====== DATA FOR THIS TASK

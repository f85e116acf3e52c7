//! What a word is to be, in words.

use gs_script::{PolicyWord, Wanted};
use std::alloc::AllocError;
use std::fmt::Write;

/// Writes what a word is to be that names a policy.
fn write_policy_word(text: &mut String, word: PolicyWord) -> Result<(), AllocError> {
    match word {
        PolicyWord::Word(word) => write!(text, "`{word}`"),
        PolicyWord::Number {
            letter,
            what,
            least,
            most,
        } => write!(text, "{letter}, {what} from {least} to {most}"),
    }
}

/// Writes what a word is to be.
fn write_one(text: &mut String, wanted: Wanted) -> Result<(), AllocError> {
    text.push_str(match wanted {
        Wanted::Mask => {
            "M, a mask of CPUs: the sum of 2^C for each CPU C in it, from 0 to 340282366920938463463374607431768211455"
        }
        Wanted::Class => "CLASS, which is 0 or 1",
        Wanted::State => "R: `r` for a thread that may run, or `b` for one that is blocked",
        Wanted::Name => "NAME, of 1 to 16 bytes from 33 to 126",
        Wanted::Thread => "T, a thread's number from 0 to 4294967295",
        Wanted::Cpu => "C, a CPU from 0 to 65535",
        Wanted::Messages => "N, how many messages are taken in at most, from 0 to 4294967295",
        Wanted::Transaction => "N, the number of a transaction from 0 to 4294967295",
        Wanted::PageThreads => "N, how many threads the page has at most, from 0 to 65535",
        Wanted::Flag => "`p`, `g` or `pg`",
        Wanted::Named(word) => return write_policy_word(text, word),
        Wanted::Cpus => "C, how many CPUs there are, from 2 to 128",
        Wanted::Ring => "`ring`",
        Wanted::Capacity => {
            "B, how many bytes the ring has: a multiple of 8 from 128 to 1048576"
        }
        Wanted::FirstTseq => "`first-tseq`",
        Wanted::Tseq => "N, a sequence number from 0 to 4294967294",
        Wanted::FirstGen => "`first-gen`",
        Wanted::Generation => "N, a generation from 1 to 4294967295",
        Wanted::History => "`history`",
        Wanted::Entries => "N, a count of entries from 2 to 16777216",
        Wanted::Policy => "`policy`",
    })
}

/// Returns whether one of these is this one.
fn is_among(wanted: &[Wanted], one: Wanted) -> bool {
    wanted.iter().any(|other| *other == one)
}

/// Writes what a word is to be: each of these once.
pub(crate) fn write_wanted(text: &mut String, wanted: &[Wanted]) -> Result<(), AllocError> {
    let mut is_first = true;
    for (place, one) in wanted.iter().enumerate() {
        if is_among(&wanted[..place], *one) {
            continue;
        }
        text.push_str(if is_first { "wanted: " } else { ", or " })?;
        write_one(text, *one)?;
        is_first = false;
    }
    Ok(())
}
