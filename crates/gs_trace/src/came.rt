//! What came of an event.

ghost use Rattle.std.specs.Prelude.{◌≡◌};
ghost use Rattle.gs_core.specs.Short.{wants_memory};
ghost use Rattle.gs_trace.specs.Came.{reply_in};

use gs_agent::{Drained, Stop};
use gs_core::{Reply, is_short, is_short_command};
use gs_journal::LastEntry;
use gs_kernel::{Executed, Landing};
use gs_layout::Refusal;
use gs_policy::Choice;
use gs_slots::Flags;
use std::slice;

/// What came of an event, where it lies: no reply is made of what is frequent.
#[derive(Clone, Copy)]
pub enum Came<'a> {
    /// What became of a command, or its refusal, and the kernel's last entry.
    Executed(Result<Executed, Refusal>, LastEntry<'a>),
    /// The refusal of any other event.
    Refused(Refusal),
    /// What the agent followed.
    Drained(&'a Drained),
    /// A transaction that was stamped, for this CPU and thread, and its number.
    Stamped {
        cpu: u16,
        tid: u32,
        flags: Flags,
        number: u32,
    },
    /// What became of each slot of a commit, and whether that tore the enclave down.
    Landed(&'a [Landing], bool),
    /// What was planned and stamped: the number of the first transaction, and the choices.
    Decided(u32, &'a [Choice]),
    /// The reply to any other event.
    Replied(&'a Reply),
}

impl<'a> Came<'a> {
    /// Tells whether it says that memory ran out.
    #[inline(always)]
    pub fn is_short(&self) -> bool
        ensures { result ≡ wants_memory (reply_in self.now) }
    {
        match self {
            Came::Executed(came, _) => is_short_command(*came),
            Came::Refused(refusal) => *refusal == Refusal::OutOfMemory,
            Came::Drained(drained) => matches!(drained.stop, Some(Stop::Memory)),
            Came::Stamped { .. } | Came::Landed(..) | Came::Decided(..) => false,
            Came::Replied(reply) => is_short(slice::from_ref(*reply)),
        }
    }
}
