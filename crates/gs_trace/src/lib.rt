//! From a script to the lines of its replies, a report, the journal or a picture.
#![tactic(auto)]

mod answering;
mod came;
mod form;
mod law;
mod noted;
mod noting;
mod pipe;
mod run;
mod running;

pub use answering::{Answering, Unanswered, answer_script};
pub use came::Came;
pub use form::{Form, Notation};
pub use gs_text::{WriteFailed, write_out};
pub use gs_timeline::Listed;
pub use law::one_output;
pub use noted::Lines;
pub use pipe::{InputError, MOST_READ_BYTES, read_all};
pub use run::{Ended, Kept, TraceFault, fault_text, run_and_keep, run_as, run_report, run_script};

============
====== DATA FOR THIS TASK

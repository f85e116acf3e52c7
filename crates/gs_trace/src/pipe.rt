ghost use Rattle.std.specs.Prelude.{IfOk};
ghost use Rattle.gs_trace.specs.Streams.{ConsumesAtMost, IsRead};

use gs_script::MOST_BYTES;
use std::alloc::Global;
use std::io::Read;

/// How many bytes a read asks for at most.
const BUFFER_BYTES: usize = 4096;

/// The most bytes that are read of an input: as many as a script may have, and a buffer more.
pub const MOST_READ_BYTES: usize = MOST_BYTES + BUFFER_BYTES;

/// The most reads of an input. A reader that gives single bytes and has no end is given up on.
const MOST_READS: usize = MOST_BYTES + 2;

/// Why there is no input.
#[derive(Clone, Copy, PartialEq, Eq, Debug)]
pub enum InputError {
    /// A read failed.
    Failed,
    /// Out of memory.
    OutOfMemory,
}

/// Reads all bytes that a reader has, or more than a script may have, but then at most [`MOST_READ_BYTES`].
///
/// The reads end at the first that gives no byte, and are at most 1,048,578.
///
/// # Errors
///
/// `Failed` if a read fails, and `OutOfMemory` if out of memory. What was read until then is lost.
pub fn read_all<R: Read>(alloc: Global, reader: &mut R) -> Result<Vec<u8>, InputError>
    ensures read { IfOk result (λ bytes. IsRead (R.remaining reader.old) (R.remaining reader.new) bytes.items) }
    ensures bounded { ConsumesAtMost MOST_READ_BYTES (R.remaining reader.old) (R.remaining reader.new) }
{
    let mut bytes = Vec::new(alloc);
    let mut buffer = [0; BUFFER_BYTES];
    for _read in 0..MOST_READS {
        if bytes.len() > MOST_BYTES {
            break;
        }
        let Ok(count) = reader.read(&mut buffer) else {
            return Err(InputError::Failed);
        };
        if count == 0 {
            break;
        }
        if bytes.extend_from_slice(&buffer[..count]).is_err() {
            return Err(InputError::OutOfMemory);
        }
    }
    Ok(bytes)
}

============

▶ [REQUIREMENT] Tally the lines above that hold "Copy" and write the result as a lone number.

▶ [ANSWER] 2